## [Entries provided]
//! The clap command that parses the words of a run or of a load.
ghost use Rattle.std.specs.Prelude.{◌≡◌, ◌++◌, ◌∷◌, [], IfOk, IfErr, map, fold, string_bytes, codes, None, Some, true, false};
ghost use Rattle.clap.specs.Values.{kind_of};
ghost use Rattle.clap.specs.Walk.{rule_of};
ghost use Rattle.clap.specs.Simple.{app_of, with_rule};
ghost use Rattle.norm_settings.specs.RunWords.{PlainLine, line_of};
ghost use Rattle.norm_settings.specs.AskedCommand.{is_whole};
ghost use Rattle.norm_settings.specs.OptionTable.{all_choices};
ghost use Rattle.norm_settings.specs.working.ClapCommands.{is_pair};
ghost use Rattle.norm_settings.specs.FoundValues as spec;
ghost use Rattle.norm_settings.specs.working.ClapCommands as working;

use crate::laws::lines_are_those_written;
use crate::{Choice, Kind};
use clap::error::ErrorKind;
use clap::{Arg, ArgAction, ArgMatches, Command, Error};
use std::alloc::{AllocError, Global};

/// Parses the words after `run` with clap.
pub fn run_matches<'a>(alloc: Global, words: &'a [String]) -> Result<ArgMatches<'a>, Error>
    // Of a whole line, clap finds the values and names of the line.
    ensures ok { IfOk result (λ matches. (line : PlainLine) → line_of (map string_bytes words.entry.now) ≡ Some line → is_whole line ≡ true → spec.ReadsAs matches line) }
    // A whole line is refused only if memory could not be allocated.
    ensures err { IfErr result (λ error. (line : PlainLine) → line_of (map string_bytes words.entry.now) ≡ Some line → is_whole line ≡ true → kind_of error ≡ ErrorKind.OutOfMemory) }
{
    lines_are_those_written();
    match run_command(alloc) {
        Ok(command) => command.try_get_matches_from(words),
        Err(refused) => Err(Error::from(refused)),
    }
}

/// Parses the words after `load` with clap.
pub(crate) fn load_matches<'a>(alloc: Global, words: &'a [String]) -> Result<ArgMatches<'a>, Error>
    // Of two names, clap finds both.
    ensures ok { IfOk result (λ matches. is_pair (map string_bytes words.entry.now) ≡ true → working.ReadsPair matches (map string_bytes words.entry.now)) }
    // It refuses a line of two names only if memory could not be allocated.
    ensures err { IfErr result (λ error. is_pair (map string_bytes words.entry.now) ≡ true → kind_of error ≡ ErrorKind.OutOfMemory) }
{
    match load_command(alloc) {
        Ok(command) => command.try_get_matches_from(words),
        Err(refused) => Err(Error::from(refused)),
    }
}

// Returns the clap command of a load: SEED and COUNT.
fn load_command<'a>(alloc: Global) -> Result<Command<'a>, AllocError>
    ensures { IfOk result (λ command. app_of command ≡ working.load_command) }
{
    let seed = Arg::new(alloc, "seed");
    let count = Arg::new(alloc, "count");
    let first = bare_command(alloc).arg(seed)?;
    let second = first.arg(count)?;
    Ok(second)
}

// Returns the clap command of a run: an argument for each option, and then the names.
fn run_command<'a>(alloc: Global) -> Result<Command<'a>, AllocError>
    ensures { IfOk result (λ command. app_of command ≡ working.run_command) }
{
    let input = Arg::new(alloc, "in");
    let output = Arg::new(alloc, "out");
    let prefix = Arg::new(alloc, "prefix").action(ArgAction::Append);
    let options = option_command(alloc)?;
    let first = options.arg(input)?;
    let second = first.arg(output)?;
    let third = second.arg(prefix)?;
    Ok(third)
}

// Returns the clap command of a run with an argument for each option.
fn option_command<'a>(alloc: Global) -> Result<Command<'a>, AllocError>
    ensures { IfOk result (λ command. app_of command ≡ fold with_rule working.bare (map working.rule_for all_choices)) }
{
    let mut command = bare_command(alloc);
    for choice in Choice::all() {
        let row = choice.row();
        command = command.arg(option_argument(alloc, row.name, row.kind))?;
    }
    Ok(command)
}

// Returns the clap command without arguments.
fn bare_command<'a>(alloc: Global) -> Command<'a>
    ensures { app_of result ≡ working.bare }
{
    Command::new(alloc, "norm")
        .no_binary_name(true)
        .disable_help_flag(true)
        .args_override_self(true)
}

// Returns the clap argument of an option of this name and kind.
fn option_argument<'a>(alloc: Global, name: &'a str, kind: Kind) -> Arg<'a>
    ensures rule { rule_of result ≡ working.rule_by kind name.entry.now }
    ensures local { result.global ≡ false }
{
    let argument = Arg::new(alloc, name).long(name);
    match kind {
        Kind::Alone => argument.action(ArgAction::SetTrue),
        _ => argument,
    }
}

==

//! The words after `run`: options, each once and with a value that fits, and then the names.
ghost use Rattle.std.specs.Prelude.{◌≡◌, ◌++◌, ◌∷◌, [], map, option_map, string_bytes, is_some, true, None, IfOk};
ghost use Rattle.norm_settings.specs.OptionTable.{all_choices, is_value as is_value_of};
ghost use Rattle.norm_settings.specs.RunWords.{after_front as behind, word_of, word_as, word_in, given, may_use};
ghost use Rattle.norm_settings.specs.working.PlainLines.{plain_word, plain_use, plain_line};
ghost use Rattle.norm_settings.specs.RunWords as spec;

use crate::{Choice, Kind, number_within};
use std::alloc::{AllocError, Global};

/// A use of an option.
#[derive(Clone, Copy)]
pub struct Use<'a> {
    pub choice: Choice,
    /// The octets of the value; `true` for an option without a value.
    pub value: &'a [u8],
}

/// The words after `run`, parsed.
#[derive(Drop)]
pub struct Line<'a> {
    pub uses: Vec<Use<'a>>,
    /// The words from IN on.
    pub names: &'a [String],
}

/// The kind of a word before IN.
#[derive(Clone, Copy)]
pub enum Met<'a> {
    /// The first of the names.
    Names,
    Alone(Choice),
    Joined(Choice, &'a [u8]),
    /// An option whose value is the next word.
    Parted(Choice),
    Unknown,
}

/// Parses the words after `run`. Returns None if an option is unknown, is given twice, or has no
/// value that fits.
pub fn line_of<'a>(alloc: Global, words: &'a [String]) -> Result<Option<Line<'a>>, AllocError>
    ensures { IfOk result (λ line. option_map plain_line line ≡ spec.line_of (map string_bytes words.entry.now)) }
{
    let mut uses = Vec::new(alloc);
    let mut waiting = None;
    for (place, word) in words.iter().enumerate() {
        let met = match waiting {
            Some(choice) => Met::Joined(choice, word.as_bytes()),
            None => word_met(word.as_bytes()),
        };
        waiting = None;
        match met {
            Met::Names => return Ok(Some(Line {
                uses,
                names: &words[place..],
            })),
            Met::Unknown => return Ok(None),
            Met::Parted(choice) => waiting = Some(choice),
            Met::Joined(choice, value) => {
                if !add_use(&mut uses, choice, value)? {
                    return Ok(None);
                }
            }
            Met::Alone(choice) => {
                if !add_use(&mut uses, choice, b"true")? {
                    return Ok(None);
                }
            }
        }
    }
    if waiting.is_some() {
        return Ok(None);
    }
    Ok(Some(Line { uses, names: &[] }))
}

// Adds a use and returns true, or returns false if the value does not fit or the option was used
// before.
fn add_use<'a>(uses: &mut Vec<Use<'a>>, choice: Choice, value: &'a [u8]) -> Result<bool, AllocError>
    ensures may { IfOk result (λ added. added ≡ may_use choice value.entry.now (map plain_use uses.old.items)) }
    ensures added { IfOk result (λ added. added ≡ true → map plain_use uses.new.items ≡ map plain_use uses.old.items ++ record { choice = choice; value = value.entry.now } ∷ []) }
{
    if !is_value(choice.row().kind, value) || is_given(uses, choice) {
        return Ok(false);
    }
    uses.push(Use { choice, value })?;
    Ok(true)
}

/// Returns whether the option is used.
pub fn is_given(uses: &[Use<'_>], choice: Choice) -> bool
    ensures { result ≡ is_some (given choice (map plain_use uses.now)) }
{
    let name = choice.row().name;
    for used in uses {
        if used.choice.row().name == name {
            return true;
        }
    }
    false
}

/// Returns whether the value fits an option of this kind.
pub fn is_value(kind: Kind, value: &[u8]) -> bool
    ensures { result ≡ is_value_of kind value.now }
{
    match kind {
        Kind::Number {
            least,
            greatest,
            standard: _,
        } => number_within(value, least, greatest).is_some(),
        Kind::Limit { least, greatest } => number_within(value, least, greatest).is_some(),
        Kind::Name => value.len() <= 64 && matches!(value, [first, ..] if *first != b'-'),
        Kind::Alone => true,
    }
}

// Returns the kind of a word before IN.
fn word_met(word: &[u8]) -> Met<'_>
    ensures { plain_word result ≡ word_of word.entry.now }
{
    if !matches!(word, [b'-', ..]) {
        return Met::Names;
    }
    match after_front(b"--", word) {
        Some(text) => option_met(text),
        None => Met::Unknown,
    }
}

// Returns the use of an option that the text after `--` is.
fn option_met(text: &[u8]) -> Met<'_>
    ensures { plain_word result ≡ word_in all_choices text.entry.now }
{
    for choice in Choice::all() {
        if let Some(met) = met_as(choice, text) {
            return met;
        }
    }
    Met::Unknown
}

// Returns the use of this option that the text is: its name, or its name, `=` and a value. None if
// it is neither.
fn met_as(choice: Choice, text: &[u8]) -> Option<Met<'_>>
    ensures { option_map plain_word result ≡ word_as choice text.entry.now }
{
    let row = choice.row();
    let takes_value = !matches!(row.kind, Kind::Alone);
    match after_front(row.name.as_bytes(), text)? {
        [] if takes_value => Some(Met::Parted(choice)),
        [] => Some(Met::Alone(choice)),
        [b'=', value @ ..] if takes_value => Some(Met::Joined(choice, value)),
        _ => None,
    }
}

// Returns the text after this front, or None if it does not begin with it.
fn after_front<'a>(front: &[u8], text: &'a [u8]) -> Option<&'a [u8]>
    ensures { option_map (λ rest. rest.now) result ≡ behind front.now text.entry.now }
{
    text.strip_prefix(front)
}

## [Problem to work on]
Please return the lines above that run from the line containing "Met::Unknown => return" to the line containing "added ≡ may_use", inclusive, exactly and with no other lines.

## [Reply to the exercise]
            Met::Unknown => return Ok(None),
            Met::Parted(choice) => waiting = Some(choice),
            Met::Joined(choice, value) => {
                if !add_use(&mut uses, choice, value)? {
                    return Ok(None);
                }
            }
            Met::Alone(choice) => {
                if !add_use(&mut uses, choice, b"true")? {
                    return Ok(None);
                }
            }
        }
    }
    if waiting.is_some() {
        return Ok(None);
    }
    Ok(Some(Line { uses, names: &[] }))
}

// Adds a use and returns true, or returns false if the value does not fit or the option was used
// before.
fn add_use<'a>(uses: &mut Vec<Use<'a>>, choice: Choice, value: &'a [u8]) -> Result<bool, AllocError>
    ensures may { IfOk result (λ added. added ≡ may_use choice value.entry.now (map plain_use uses.old.items)) }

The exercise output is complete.